• [Work task] Retype exactly the lines from the line with "let mut cells" to the end of the data, keeping both boundary lines.

==*==

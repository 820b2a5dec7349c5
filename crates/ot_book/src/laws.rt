//! Laws of requests and what is told of them. Each is the contract of a function that does nothing: a
//! caller that needs the law calls it.
ghost use Rattle.ot_book.specs.Answers.{AnswersGoOn, RepliesGoOn};
ghost use Rattle.ot_book.specs.Room.{RoomGoesOn, TakesWhereFree};

/// The replies to lines followed by others are those to the first ones, and then those to the others
/// from the state after the first.
pub fn replies_go_on()
    ensures answers { AnswersGoOn }
    ensures replies { RepliesGoOn }
{}

/// The room of a book after a line is that of the book with the line counted.
pub fn room_goes_on()
    ensures { RoomGoesOn }
{}

/// A book without an open request takes a line exactly where it isn't full for it.
pub fn takes_where_free()
    ensures { TakesWhereFree }
{}
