ghost use Rattle.std.specs.Prelude.{◌≡◌, IfOk, IfErr};
ghost use Rattle.ot_book.specs.declared.executor.NotDone.TheVariants.{Memory};
ghost use Rattle.ot_check.specs.Jobs.{Spec, IsMeaning};

use ot_check::{JobSpec, Outcome};
use ot_model::plain_run;
use std::alloc::{AllocError, Global};
use thiserror::Error;

/// Why a job has no outcome.
#[derive(Clone, Copy, Debug, PartialEq, Eq, Error)]
pub enum NotDone {
    #[error("no memory")]
    Memory,
    /// There is no pool to run on.
    #[error("closed")]
    Closed,
    /// The pool holds another job of this tenant, has none to collect, or has no such tenant.
    #[error("stranger")]
    Stranger,
}

impl From<AllocError> for NotDone {
    ghost from_gives = { λ _ e. e ≡ Memory };

    fn from(_error: AllocError) -> NotDone {
        NotDone::Memory
    }
}

/// What runs jobs.
pub trait Executor {
    /// Runs the job whole: the outcome is the serial meaning of its program from its cells.
    fn perform(&mut self, alloc: Global, spec: &JobSpec) -> Result<Outcome, NotDone>
        ensures { IfOk result (λ outcome. IsMeaning spec.now outcome) };
}

/// Runs jobs in the caller's thread, each task where it is created.
#[derive(Clone, Copy, Debug, PartialEq, Eq)]
pub struct Solo;

impl Executor for Solo {
    /// It refuses for want of memory alone.
    fn perform(&mut self, alloc: Global, spec: &JobSpec) -> Result<Outcome, NotDone>
        ensures meaning { IfOk result (λ outcome. IsMeaning spec.now outcome) }
        ensures memory { IfErr result (λ e. e ≡ Memory) }
    {
        let program = &spec.checked().program;
        let mut cells = spec.before().copy(alloc)?;
        let counts = plain_run(alloc, program, &mut cells)?;
        Ok(Outcome { cells, counts })
    }
}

==*==

• [Response to the task]
        let mut cells = spec.before().copy(alloc)?;
        let counts = plain_run(alloc, program, &mut cells)?;
        Ok(Outcome { cells, counts })
    }
}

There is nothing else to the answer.